WORK INSTRUCTION>
Search the data for the string "Aligned" and copy each line where it turns up.
/---
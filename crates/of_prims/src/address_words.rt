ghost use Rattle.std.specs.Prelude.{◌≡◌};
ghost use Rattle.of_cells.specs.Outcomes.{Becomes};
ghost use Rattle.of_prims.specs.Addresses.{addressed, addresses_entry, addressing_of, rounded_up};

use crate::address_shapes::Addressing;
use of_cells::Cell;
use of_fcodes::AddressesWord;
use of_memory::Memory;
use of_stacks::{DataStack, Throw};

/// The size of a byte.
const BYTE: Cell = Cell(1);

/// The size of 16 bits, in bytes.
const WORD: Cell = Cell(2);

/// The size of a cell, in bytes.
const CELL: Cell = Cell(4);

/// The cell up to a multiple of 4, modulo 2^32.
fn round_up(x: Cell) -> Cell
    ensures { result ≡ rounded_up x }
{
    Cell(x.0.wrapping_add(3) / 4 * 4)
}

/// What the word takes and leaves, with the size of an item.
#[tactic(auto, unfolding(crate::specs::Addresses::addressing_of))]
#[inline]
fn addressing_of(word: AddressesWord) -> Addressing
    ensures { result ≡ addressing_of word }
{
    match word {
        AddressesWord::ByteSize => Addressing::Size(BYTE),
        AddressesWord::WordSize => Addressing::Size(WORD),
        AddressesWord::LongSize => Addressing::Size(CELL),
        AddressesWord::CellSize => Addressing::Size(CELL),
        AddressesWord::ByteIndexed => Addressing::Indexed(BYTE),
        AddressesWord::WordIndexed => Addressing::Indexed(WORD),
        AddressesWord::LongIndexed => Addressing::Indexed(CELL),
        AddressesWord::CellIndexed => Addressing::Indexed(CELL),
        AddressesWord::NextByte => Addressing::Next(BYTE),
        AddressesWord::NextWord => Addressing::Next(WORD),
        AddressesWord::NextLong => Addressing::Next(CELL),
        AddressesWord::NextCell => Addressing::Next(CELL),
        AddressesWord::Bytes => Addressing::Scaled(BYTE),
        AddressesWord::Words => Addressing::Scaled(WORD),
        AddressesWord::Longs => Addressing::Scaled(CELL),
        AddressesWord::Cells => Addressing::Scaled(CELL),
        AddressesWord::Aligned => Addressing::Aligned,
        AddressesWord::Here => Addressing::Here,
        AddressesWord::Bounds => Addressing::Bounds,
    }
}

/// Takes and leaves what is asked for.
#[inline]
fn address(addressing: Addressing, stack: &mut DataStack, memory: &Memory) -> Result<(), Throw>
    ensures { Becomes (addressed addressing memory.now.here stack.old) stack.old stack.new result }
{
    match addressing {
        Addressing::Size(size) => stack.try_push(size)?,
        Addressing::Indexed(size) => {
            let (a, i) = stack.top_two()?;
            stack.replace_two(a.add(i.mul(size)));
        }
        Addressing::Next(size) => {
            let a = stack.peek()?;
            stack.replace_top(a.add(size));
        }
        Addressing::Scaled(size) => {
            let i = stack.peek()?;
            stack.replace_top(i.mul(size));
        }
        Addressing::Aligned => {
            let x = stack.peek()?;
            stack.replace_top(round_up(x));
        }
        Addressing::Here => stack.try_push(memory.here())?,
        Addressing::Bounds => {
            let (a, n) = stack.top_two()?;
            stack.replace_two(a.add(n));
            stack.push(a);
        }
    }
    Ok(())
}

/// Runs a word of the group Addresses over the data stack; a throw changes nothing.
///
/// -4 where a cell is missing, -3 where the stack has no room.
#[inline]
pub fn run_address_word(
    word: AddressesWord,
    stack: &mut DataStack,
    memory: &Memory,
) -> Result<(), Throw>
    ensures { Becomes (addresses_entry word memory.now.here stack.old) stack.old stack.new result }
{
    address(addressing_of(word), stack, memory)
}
\---
ANSWER AREA>
        AddressesWord::Aligned => Addressing::Aligned,
        Addressing::Aligned => {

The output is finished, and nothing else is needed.